We describe the structure of a Bayesian network designed to monitor the behavior of a user interacting with a conversational computer and use that information to estimate the user’s emotional state. Our model of emotional state uses two discrete dimensions, valence (bad to good) and arousal (calm to excited), to capture the dominant aspects of physical emotional response. Emotion is expressed behaviorally in a variety of ways, including by linguistic choices, qualities of vocal expression, and movement. In this paper, we focus on vocal expression, and its correlation with emotional state, using the psychological literature to suggest the appropriate parameterization of our Bayesian model. Introduction

Within the human-computer interaction community there is a growing consensus that traditional WIMP (windows, icons, mouse, and pointer) interfaces need to become more flexible, adaptive, and humanoriented [Flanagan 1997]. Simultaneously, technologies such as speech recognition, text-to-speech, video input, and advances in computer graphics are providing increasingly rich tools to construct such user interfaces. These trends are driving growing interest in agent- or character-based user interfaces exhibiting quasi-human appearance and behavior. One aspect of developing such a capability is the ability of the system to recognize the emotional state and personality of the user and respond appropriately [Picard 1995, Reeves 1995]. Research has shown that users respond emotionally to their computers. Emotion and personality are of interest to us primarily because of the ways in which they influence behavior, and precisely because those behaviors are communicative-- in human dialogues they establish a channel of social interaction that is crucial to the smoothness and effectiveness of the conversation. In order to be an effective communicant, a computer character needs to respond appropriately to these signals from the user and should produce its own emotional signals that reinforce, rather than confuse, its intended communication. There are two crucial issues on the path to what Picard has termed affective computing [Picard 1997]: •

Providing a system with a mechanism to infer the likely emotional state and personality of the user, and



Providing a mechanism generating behavior in an agent (e.g. speech and gesture) consistent with a desired personality and emotional state.
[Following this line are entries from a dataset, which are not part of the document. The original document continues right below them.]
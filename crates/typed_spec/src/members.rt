// The members of structs by their names.
ghost use Rattle.std.specs.Prelude.{◌≡◌, ◌≤◌, ℕ, List, [], Option, None, length, option_copied, bytes_eq};
ghost use Rattle.std.specs.List.{position_or_len};
ghost use Rattle.spec_text.specs.declared.surface.NameAt.{NameAt};
ghost use Rattle.type_check.specs.declared.structs.Member.{Member as MemberValue};
ghost use Rattle.type_check.specs.NamedType.{Struct as Declared, struct_in};
ghost use Rattle.type_check.specs.Judged.{Scope as Names, Judged, type_of, over_part};
ghost use Rattle.type_check.specs.Standing.{MeansOption};
ghost use Rattle.typed_text.specs.ReadSpec.{Numbers as Order, member_number, struct_name};
ghost use Rattle.typed_spec.specs.Texts.{StandsFor, IsKept};

use crate::arena::short;
use crate::text::Text;
use sm_io::Name;
use type_check::known::{Element, Known};
use type_check::structs::{Member, Struct};

/// The struct that a type is, if it is one.
pub fn struct_of(text: &Text, ty: Option<Known>) -> Option<&Struct>
    ensures { (names : List (List ℕ)) (s : Names) (n : Order) (j : Judged) → StandsFor names s n text.now → MeansOption names ty j.ty
        → IsKept names (struct_in s.all (struct_name (type_of j))) (option_copied result) }
{
    match ty {
        Some(Known::Element(Element::Struct(number))) => text.scope.structs.numbered(number),
        _ => None,
    }
}

// The place of the first member of this name, and the count of the members where none has it.
fn position(members: &[Member], name: &Name) -> usize
    ensures value { result ≡ position_or_len (λ (m : MemberValue). bytes_eq m.name name.now) members.now }
    ensures within { result ≤ length members.now }
{
    for i in 0..members.len() {
        if members[i].name == *name {
            return i;
        }
    }
    members.len()
}

/// The number of a struct's member.
pub fn member_number(found: Option<&Struct>, name: &Name) -> u32
    ensures { (names : List (List ℕ)) (o : Option Declared) → IsKept names o (option_copied found.entry) → result ≡ member_number o name.now }
{
    match found {
        Some(found) => short(position(found.members.as_slice(), name)),
        None => 0,
    }
}

/// The type of a struct's member, if it has one.
pub fn member_type(found: Option<&Struct>, name: &Name) -> Option<Known>
    ensures { (names : List (List ℕ)) (s : Names) (j : Judged) (at : ℕ) (x : NameAt) → struct_in s.all [] ≡ None → x.name ≡ name.now
        → IsKept names (struct_in s.all (struct_name (type_of j))) (option_copied found.entry)
        → MeansOption names result (over_part s.all at j x).ty }
{
    let members = found?.members.as_slice();
    members.get(position(members, name))?.ty
}
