// The type of a node by those of its parts, if it has one.
ghost use Rattle.std.specs.Prelude.{◌≡◌, ℕ, List, [], ◌∷◌, map, true, IfOk};
ghost use Rattle.std.specs.Option.{option_map};
ghost use Rattle.std.specs.Global.{Vec as VecValue};
ghost use Rattle.type_check.specs.NamedType.{bool, struct_in};
ghost use Rattle.type_check.specs.Judged.{Scope as Names, Judged, Verdict, judged, type_of, types_of, have_types, named_in, over_name, over_drop, on_one, on_two, on_shift, on_truths, on_choice, on_integer, on_cast, on_index, on_items, on_record, on_votes};
ghost use Rattle.type_check.specs.Standing.{MeansOption, AllMeanOption, IsDistinct, IsScope, IsVerdict, all_known, ty_of_part};
ghost use Rattle.typed_text.specs.ReadSpec.{scalar_in};

use spec_text::NameAt;
use std::alloc::{AllocError, Global};
use stream_types::{Op1, Op2, Scalar};
use type_check::fault::TypeFault;
use type_check::known::{Element, Known};
use type_check::names_in::on_drop;
use type_check::parts::all_typed;
use type_check::scope::Scope;
use type_check::structs::record_of;
use type_check::verdicts::{
    on_agreed, on_cast, on_choice, on_index, on_integer, on_items, on_one, on_shift, on_truth,
    on_truths, on_two, on_votes,
};

/// The scalar that a type is, and Bool for a type that is none.
pub fn scalar_of(ty: Option<Known>) -> Scalar
    ensures { (names : List (List ℕ)) (j : Judged) → MeansOption names ty j.ty → result ≡ scalar_in (type_of j) }
{
    match ty {
        Some(Known::Element(Element::Scalar(s))) => s,
        _ => Scalar::Bool,
    }
}

// The type that a verdict tells.
fn told(verdict: Result<Known, TypeFault>) -> Option<Known>
    ensures { (names : List (List ℕ)) (ps : List Judged) (v : Verdict) → have_types ps ≡ true → IsVerdict names v verdict
        → MeansOption names result (judged ps v).ty }
{
    match verdict {
        Ok(ty) => Some(ty),
        Err(_) => None,
    }
}

pub fn one(at: u64, op: Op1, a: Option<Known>) -> Option<Known>
    ensures { (names : List (List ℕ)) (p : Judged) → MeansOption names a p.ty → MeansOption names result (judged (p ∷ []) (on_one at op (type_of p))).ty }
{
    told(on_one(at, op, a?))
}

pub fn two(at: u64, op: Op2, a: Option<Known>, b: Option<Known>) -> Option<Known>
    ensures { (names : List (List ℕ)) (p q : Judged) → IsDistinct names → MeansOption names a p.ty → MeansOption names b q.ty
        → MeansOption names result (judged (p ∷ q ∷ []) (on_two at op (type_of p) (type_of q))).ty }
{
    told(on_two(at, op, a?, b?))
}

pub fn shifted(at: u64, a: Option<Known>, count: Option<Known>) -> Option<Known>
    ensures { (names : List (List ℕ)) (p q : Judged) → MeansOption names a p.ty → MeansOption names count q.ty
        → MeansOption names result (judged (p ∷ q ∷ []) (on_shift at (type_of p) (type_of q))).ty }
{
    told(on_shift(at, a?, count?))
}

pub fn truth(at: u64, p: Option<Known>) -> Option<Known>
    ensures { (names : List (List ℕ)) (j : Judged) → IsDistinct names → MeansOption names p j.ty
        → MeansOption names result (judged (j ∷ []) (on_truths at (type_of j ∷ []))).ty }
{
    told(on_truth(at, p?))
}

pub fn truths(at: u64, p: Option<Known>, q: Option<Known>) -> Option<Known>
    ensures { (names : List (List ℕ)) (j l : Judged) → IsDistinct names → MeansOption names p j.ty → MeansOption names q l.ty
        → MeansOption names result (judged (j ∷ l ∷ []) (on_truths at (type_of j ∷ type_of l ∷ []))).ty }
{
    told(on_truths(at, p?, q?))
}

pub fn choice(at: u64, c: Option<Known>, a: Option<Known>, b: Option<Known>) -> Option<Known>
    ensures { (names : List (List ℕ)) (j p q : Judged) → IsDistinct names → MeansOption names c j.ty → MeansOption names a p.ty
        → MeansOption names b q.ty → MeansOption names result (judged (j ∷ p ∷ q ∷ []) (on_choice at (type_of j) (type_of p) (type_of q))).ty }
{
    told(on_choice(at, c?, a?, b?))
}

pub fn integer(at: u64, a: Option<Known>) -> Option<Known>
    ensures { (names : List (List ℕ)) (p : Judged) → MeansOption names a p.ty → MeansOption names result (judged (p ∷ []) (on_integer at (type_of p))).ty }
{
    told(on_integer(at, a?))
}

pub fn cast(at: u64, to: Option<Known>, a: Option<Known>) -> Option<Known>
    ensures { (names : List (List ℕ)) (p q : Judged) → MeansOption names to p.ty → MeansOption names a q.ty
        → MeansOption names result (judged (p ∷ q ∷ []) (on_cast at (type_of p) (type_of q))).ty }
{
    told(on_cast(at, to?, a?))
}

pub fn index(at: u64, a: Option<Known>, i: Option<Known>) -> Option<Known>
    ensures { (names : List (List ℕ)) (p q : Judged) → IsDistinct names → MeansOption names a p.ty → MeansOption names i q.ty
        → MeansOption names result (judged (p ∷ q ∷ []) (on_index at (type_of p) (type_of q))).ty }
{
    told(on_index(at, a?, i?))
}

/// The type that a name is declared with.
pub fn declared(scope: &Scope, x: &NameAt) -> Option<Known>
    ensures { (names : List (List ℕ)) (s : Names) → IsScope names s scope.now → MeansOption names result (over_name x.now (named_in s.all x.now.name)).ty }
{
    scope.find(&x.name)?.ty
}

/// The type of a drop of so many values.
pub fn dropped(scope: &Scope, at: u64, k: u32, x: &NameAt) -> Option<Known>
    ensures { (names : List (List ℕ)) (s : Names) → IsScope names s scope.now → MeansOption names result (over_drop at k x.now (named_in s.all x.now.name)).ty }
{
    let item = scope.find(&x.name)?;
    told(on_drop(at, k, item.kind, item.ty?))
}

pub fn items_type(
    scope: &Scope,
    at: u64,
    items: &[Option<Known>],
) -> Result<Option<Known>, AllocError>
    ensures { (names : List (List ℕ)) (s : Names) (ps : List Judged) → IsScope names s scope.now → AllMeanOption names items.now (map ty_of_part ps)
        → IfOk result (λ ty. MeansOption names ty (judged ps (on_items s.all at (types_of ps))).ty) }
{
    match typed(scope.alloc, items)? {
        Some(items) => Ok(told(on_items(&scope.structs, at, items.as_slice()))),
        None => Ok(None),
    }
}

pub fn record_type(
    scope: &Scope,
    at: u64,
    name: &NameAt,
    items: &[Option<Known>],
) -> Result<Option<Known>, AllocError>
    ensures { (names : List (List ℕ)) (s : Names) (ps : List Judged) → IsScope names s scope.now → AllMeanOption names items.now (map ty_of_part ps)
        → IfOk result (λ ty. MeansOption names ty (judged ps (on_record (struct_in s.before name.now.name) at name.now (types_of ps))).ty) }
{
    match typed(scope.alloc, items)? {
        Some(items) => Ok(told(record_of(
            &scope.structs,
            scope.closed,
            at,
            name,
            items.as_slice(),
        ))),
        None => Ok(None),
    }
}

pub fn majority_of(
    alloc: Global,
    at: u64,
    votes: &[Option<Known>],
) -> Result<Option<Known>, AllocError>
    ensures { (names : List (List ℕ)) (ps : List Judged) → IsDistinct names → AllMeanOption names votes.now (map ty_of_part ps)
        → IfOk result (λ ty. MeansOption names ty (judged ps (on_votes at (λ t. t) (types_of ps))).ty) }
{
    match typed(alloc, votes)? {
        Some(votes) => Ok(told(on_votes(at, votes.as_slice()))),
        None => Ok(None),
    }
}

pub fn agreement(
    alloc: Global,
    at: u64,
    votes: &[Option<Known>],
) -> Result<Option<Known>, AllocError>
    ensures { (names : List (List ℕ)) (ps : List Judged) → IsDistinct names → AllMeanOption names votes.now (map ty_of_part ps)
        → IfOk result (λ ty. MeansOption names ty (judged ps (on_votes at (λ t. bool) (types_of ps))).ty) }
{
    match typed(alloc, votes)? {
        Some(votes) => Ok(told(on_agreed(at, votes.as_slice()))),
        None => Ok(None),
    }
}

// The types of some parts, if each has one.
fn typed(alloc: Global, parts: &[Option<Known>]) -> Result<Option<Vec<Known>>, AllocError>
    ensures { IfOk result (λ types. option_map (λ (v : VecValue Known). v.items) types ≡ all_known parts.now) }
{
    match all_typed(alloc, parts) {
        Ok(types) => Ok(types),
        Err(_) => Err(AllocError),
    }
}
In earlier work [Breese 98], we showed that a Bayesian network can be used to relate the internal states of emotion to the external behaviors that they cause. The network can then be used to generate behaviors in an animated agent that appropriately express the emotional state that it is intended to portray. In this paper we focus on the diagnostic side of the problem, where the same causal network can be used to discover the internal emotional states which are most consistent with the behaviors that the system observes in the human user.

1

Modeling Emotion

The understanding of emotion is the focus of an extensive psychology literature. In this work, we adopt a simple model in which the current emotional state is characterized by discrete values along just two dimensions. These internal states are then treated as unobservable variables in a Bayesian network model. We construct model dependencies based on purported causal relations from these unobserved variables to observable quantities (external expressions of emotion) such as word choice, facial expression, speech speed, etc. Bayesian networks are an appropriate tool due to the uncertainty inherent in this domain. The flexibility of dependency structures expressible within the Bayes net framework make it possible to integrate the various expressions of emotion in a single model that is easily extended and modified. Emotion is the term used in psychology to describe short-term variations in internal mental state, including both physical responses like fear, and cognitive responses like jealousy. We focus on two basic dimensions of emotional response [Lang 1995] that can usefully characterize nearly any experience: •

Valence represents overall happiness encoded as positive (happy), neutral, or negative (sad).



Arousal represents the intensity level of emotion, encoded as excited, neutral, or calm.

Many commonly named emotions (especially those corresponding to physical responses to the environment) can easily be positioned along the Valence-Arousal dimensions (See Figure 1). Psychologists have devised laboratory tests that can reliably measure the physical aspects of emotional state by monitoring physiological variables such as galvanic skin response and heart rate. A computer-based agent does not have these "sensors" at its disposal, so alternative sources of information must be used.

Excited Angry

Joyful

Valence Neg

Pos Sad Relaxed Calm

Arousal Figure 1: Position of some named emotions within the Valence-Arousal space.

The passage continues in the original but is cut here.